*LISTED ENTRIES:*
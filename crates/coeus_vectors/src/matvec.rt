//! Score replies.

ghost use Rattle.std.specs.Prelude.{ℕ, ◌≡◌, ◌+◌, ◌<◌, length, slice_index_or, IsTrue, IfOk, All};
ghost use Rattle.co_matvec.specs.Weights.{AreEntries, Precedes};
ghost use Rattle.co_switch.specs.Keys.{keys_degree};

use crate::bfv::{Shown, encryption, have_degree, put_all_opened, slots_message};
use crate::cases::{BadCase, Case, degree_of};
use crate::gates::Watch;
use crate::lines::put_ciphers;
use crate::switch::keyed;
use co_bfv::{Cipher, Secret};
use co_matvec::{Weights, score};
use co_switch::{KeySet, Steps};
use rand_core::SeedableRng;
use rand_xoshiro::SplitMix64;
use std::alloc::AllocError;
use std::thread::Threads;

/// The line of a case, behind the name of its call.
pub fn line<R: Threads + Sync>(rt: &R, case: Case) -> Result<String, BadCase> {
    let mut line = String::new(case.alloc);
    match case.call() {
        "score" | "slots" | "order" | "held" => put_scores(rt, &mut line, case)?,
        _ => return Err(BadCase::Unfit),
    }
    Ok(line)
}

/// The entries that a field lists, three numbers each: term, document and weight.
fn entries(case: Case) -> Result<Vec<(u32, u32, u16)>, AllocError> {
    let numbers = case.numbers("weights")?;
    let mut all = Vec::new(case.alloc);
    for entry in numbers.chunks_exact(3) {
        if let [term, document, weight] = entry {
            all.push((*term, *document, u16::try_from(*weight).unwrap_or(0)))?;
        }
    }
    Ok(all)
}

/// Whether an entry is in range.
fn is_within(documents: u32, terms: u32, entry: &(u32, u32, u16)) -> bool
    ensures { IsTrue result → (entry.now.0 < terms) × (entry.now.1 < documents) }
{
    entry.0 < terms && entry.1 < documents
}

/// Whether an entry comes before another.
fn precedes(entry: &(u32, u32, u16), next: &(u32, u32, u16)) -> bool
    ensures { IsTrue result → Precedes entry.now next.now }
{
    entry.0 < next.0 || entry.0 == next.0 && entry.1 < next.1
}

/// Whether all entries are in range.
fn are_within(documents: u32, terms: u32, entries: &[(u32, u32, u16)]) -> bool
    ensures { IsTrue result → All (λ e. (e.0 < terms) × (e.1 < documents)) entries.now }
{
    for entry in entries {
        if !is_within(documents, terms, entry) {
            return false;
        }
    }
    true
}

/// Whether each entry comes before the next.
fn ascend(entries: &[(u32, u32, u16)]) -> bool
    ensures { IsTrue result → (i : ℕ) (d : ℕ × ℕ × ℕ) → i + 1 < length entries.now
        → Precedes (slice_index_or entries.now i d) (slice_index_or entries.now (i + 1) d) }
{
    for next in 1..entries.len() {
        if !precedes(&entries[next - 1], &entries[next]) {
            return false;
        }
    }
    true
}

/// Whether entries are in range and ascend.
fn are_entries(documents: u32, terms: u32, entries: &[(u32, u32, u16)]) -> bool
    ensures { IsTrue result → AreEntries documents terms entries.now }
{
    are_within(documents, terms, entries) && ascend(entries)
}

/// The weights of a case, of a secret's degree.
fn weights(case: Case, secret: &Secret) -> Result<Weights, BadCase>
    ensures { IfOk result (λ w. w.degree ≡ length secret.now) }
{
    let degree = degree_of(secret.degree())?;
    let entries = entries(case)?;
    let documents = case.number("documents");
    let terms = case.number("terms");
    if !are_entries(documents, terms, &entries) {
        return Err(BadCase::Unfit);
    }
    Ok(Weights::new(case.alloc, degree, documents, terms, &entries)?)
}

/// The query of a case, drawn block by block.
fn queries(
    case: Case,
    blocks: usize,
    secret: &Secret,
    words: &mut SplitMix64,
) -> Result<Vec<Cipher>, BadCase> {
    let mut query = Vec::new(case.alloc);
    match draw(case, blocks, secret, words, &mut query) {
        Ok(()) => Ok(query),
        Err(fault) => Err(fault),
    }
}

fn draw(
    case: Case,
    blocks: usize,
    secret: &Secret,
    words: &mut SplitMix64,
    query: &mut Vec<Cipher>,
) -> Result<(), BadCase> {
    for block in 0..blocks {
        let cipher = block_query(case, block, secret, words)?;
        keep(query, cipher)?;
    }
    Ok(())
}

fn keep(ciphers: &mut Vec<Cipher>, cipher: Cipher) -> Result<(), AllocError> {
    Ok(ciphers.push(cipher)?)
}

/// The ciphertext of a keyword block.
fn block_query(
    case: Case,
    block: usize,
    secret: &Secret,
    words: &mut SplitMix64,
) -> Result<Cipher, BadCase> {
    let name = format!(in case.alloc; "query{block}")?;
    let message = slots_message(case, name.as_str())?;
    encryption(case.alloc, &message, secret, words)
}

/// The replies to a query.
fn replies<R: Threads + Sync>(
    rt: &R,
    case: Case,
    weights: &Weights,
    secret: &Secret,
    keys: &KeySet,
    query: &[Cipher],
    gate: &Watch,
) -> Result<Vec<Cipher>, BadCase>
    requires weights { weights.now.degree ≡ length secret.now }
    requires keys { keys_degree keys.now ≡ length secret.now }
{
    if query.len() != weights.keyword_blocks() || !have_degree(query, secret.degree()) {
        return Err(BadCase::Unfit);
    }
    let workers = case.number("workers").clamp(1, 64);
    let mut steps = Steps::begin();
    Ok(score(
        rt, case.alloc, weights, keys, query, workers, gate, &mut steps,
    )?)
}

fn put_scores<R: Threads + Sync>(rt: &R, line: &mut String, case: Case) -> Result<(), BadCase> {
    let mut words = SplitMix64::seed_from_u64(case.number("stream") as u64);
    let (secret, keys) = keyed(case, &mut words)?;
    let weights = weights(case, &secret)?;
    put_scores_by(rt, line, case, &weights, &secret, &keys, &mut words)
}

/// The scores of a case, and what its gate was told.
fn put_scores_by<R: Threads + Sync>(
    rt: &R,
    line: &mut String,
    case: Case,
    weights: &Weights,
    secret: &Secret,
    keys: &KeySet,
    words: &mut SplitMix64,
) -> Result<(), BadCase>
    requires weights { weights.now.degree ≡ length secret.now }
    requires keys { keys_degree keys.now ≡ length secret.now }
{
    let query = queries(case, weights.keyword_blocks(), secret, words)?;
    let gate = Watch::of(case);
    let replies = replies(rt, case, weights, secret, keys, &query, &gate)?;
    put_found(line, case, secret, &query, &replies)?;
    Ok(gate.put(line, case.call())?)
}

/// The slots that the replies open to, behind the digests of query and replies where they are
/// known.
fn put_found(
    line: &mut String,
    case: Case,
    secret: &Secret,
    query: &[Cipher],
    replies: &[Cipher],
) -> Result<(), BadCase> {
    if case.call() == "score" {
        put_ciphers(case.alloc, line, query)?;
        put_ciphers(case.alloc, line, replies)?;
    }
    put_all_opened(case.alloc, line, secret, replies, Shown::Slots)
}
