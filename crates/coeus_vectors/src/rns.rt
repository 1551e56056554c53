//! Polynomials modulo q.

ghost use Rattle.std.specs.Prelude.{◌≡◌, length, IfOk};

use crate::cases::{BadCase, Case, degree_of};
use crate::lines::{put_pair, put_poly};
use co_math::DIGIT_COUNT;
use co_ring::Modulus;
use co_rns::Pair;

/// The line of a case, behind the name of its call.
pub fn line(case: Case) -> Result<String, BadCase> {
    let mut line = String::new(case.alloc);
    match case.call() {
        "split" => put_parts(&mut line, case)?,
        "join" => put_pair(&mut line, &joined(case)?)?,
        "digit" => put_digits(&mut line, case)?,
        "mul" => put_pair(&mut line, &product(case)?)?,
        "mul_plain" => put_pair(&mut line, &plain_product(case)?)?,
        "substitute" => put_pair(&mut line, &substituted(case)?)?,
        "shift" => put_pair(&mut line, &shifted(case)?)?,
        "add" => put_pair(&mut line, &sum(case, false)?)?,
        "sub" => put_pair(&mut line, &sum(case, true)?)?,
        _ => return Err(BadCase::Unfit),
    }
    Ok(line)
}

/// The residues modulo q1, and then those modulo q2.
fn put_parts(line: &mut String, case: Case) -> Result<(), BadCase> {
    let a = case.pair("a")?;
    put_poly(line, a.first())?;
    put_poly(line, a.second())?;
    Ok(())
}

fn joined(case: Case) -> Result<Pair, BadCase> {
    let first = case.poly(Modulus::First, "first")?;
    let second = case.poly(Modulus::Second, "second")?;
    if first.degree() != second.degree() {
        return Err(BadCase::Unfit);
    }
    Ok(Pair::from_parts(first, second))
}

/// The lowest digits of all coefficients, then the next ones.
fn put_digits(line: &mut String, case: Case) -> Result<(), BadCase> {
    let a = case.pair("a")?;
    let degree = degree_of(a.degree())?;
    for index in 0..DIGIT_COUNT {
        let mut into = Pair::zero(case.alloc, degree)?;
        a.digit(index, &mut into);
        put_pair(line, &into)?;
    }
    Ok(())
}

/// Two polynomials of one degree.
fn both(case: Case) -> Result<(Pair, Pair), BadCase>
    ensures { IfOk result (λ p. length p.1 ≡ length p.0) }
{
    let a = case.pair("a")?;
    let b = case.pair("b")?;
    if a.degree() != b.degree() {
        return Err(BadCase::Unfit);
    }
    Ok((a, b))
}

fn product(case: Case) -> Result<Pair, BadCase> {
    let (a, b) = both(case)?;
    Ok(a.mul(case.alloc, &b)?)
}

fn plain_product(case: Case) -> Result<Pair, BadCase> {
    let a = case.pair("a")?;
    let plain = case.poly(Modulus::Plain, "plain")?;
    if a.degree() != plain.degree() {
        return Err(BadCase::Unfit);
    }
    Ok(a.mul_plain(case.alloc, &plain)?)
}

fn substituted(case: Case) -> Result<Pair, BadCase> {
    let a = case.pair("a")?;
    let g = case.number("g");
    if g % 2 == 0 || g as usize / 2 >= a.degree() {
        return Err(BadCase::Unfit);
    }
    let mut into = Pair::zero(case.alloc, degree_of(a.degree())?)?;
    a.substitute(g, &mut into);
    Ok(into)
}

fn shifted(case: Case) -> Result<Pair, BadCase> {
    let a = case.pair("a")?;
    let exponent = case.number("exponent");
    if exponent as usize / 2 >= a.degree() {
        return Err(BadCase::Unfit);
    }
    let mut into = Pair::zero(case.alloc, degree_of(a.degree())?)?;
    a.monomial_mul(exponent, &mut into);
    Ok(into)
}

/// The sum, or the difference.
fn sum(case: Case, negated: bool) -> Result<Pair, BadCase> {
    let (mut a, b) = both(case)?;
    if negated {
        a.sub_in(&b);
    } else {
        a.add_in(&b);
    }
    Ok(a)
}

*ACTION ITEM:*
In the records above, find each line holding "Prelude" and copy it.

*RESPONSE AREA:*
ghost use Rattle.std.specs.Prelude.{ℕ, ◌≡◌, ◌+◌, ◌<◌, length, slice_index_or, IsTrue, IfOk, All};
ghost use Rattle.std.specs.Prelude.{◌≡◌, length, IfOk};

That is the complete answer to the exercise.